Mouna Aouri is an Institute Fellow at the Tech For Good Institute. As a social entrepreneur, impact investor, and engineer, her experience spans over two decades in the MENA region, South East Asia, and Japan. She is founder of Woomentum, a Singapore-based platform dedicated to supporting women entrepreneurs in APAC through skill development and access to growth capital through strategic collaborations with corporate entities, investors and government partners.

Dr Ming Tan

Founding Executive Director

Dr Ming Tan is founding Executive Director for the Tech for Good Institute, a non-profit founded to catalyse research and collaboration on social, economic and policy trends accelerated by the digital economy in Southeast Asia.

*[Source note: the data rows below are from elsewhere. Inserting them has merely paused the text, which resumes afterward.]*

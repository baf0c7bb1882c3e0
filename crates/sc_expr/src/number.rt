ghost use Rattle.std.specs.Prelude.{◌≡◌, ◌^◌};
ghost use Rattle.sc_types.specs.Delays.{are_digits};
ghost use Rattle.sc_types.specs.Tokens.{number_of, positive, negative};
ghost use Rattle.sc_expr.specs.Numbers.{below, digits_number, has_leading_zero};

use sc_types::Token;

/// The number that decimal digits write; `None` where the text is not how it is written, or past 64 bits.
pub fn number_of(text: &[u8]) -> Option<u64>
    ensures { result ≡ below (2 ^ 64) (number_of text.now) }
{
    if has_leading_zero(text) {
        return None;
    }
    read_digits(text)
}

fn has_leading_zero(text: &[u8]) -> bool
    ensures { result ≡ has_leading_zero text.now }
{
    text.len() > 1 && text[0] == b'0'
}

fn are_digits(text: &[u8]) -> bool
    ensures { result ≡ are_digits text.now }
{
    text.iter().all(u8::is_ascii_digit)
}

/// The number of digits alone; `None` also where it takes more than 64 bits.
pub(crate) fn read_digits(text: &[u8]) -> Option<u64>
    ensures { result ≡ digits_number text.now }
{
    if !are_digits(text) {
        return None;
    }
    match std::str::from_utf8(text) {
        Ok(digits) => digits.parse::<u64>().ok(),
        Err(_) => None,
    }
}

/// The number of a run of letters and digits; bad where it is no number below 2^63.
pub(crate) fn positive(run: &[u8]) -> Token
    ensures { result ≡ positive (number_of run.now) }
{
    match number_of(run) {
        Some(number) if number < 1 << 63 => Token::Number(number as i64),
        _ => Token::Bad,
    }
}

/// The number of a run that stands behind a `-`; bad where it is no number from 1 to 2^63.
pub(crate) fn negative(run: &[u8]) -> Token
    ensures { result ≡ negative (number_of run.now) }
{
    match number_of(run) {
        Some(number) if 0 < number && number <= 1 << 63 => {
            Token::Number(-((number - 1) as i64) - 1)
        }
        _ => Token::Bad,
    }
}
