ghost use Rattle.std.specs.Prelude.{◌≡◌, ◌++◌, map, codes, IfOk, OnOk};
ghost use Rattle.sc_types.specs.Expressions.{expr_text, field_text, IsExpr, IsExpression};
ghost use Rattle.sc_types.specs.Values.{joined};
ghost use Rattle.sc_types.specs.declared.profile.Profile.{Profile};

use crate::lexer::op_text;
use crate::literal::{put_text, put_truth};
use sc_base::{Bytes, NoMemory, TextWriter};
use sc_types::{EventField, Expr};
use std::alloc::Global;

/// Prints an expression with a bracket round each operator, so that it is read again as itself.
#[tactic(auto, using(crate::proofs::Printed::printed_is_expression))]
pub fn print_expr(alloc: Global, e: &Expr) -> Result<Bytes, NoMemory>
    ensures text { IfOk result (λ text. text ≡ expr_text e.now) }
    ensures spelled { (profile : Profile) → IsExpr profile e.now
        → IfOk result (λ text. IsExpression profile text e.now) }
{
    let mut out = TextWriter::new(alloc);
    put_expr(&mut out, e)?;
    Ok(out.into_bytes())
}

#[cycle(print)]
#[tactic(auto, using(crate::proofs::WritingLemmas::expr_layers))]
fn put_expr(out: &mut TextWriter, e: &Expr) -> Result<(), NoMemory>
    ensures { OnOk result (out.new ≡ out.old ++ expr_text e.now) }
{
    match e {
        Expr::Bool(truth) => put_truth(out, *truth),
        Expr::Int(number) => out.signed(*number),
        Expr::Text(text) => put_text(out, text.slice()),
        Expr::List(items) => put_list(out, items.slice()),
        Expr::Datum(name) => out.bytes(name.bytes()),
        Expr::Field(field) => put_field(out, field),
        Expr::Active(id) => {
            out.text("In(")?;
            put_text(out, id.slice())?;
            out.text(")")
        }
        Expr::Not(a) => put_around(out, b"(!", a.get(), b")"),
        Expr::Neg(a) => put_around(out, b"(-", a.get(), b")"),
        Expr::Two(op, a, b) => {
            put_around(out, b"(", a.get(), b" ")?;
            out.bytes(op_text(*op))?;
            put_around(out, b" ", b.get(), b")")
        }
        Expr::Item(a, b) => {
            put_expr(out, a.get())?;
            put_around(out, b"[", b.get(), b"]")
        }
        Expr::Len(a) => put_around(out, b"len(", a.get(), b")"),
        Expr::AsText(a) => put_around(out, b"text(", a.get(), b")"),
    }
}

#[cycle(print)]
fn put_around(out: &mut TextWriter, before: &[u8], e: &Expr, after: &[u8]) -> Result<(), NoMemory>
    ensures { OnOk result (out.new ≡ out.old ++ (before.now ++ expr_text e.now ++ after.now)) }
{
    out.bytes(before)?;
    put_expr(out, e)?;
    out.bytes(after)
}

#[cycle(print)]
fn put_list(out: &mut TextWriter, items: &[Expr]) -> Result<(), NoMemory>
    ensures { OnOk result (out.new
        ≡ out.old ++ (codes "[" ++ joined (map expr_text items.now) ++ codes "]")) }
{
    out.text("[")?;
    for i in 0..items.len() {
        if i > 0 {
            out.text(",")?;
        }
        put_expr(out, &items[i])?;
    }
    out.text("]")
}

fn put_field(out: &mut TextWriter, field: &EventField) -> Result<(), NoMemory>
    ensures { OnOk result (out.new ≡ out.old ++ (codes "_event." ++ field_text field.now)) }
{
    out.text("_event.")?;
    match field {
        EventField::Name => out.text("name"),
        EventField::Kind => out.text("type"),
        EventField::SendId => out.text("sendid"),
        EventField::Origin => out.text("origin"),
        EventField::OriginType => out.text("origintype"),
        EventField::InvokeId => out.text("invokeid"),
        EventField::Payload => out.text("data"),
        EventField::PayloadOf(name) => {
            out.text("data.")?;
            out.bytes(name.bytes())
        }
    }
}
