use sc_types::NoMemory;

/// Why a text was not read: it is outside the grammar, or the program was out of memory.
#[derive(Clone, Copy, Debug, PartialEq, Eq)]
pub enum ExprFault {
    NotExpr,
    NoMemory,
}

impl From<NoMemory> for ExprFault {
    ghost use Rattle.std.specs.Prelude.{◌≡◌};
    ghost use Rattle.sc_expr.specs.declared.fault.ExprFault.TheVariants.{NoMemory};

    ghost from_gives = { λ _ e. e ≡ NoMemory };

    fn from(_error: NoMemory) -> ExprFault {
        ExprFault::NoMemory
    }
}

She is concurrently a Senior Fellow at the Centre for Governance and Sustainability at the National University of Singapore and Advisor to the Founder of the COMO Group, a Singaporean portfolio of lifestyle companies operating in 15 countries worldwide.  Her research interests lie at the intersection of technology, business and society, including sustainability and innovation.

 

Ming was previously Managing Director of IPOS International, part of the Intellectual Property Office of Singapore, which supports Singapore’s future growth as a global innovation hub for intellectual property creation, commercialisation and management. Prior to joining the public sector, she was Head of Stewardship of the COMO Group and the founding Executive Director of COMO Foundation, a grantmaker focused on gender equity that has served over 47 million women and girls since 2003.

 

As a company director, she lends brand and strategic guidance to several companies within the COMO Group. Ming also serves as a Council Member of the Council for Board Diversity, on the boards of COMO Foundation and Singapore Network Information Centre (SGNIC), and on the Digital and Technology Advisory Panel for Esplanade–Theatres on the Bay, Singapore’s national performing arts centre.

 

In the non-profit, educational and government spheres, Ming is a director of COMO Foundation and Singapore Network Information Centre (SGNIC) and chairs the Asia Advisory board for Swiss hospitality business and management school EHL. She also serves on  the Council for Board Diversity and the Digital and Technology Advisory Panel for Esplanade–Theatres on the Bay, Singapore’s national performing arts centre.

 

Ming was educated in Singapore, the United States, and England. She obtained her bachelor’s and master’s degrees from Stanford University and her doctorate from Oxford.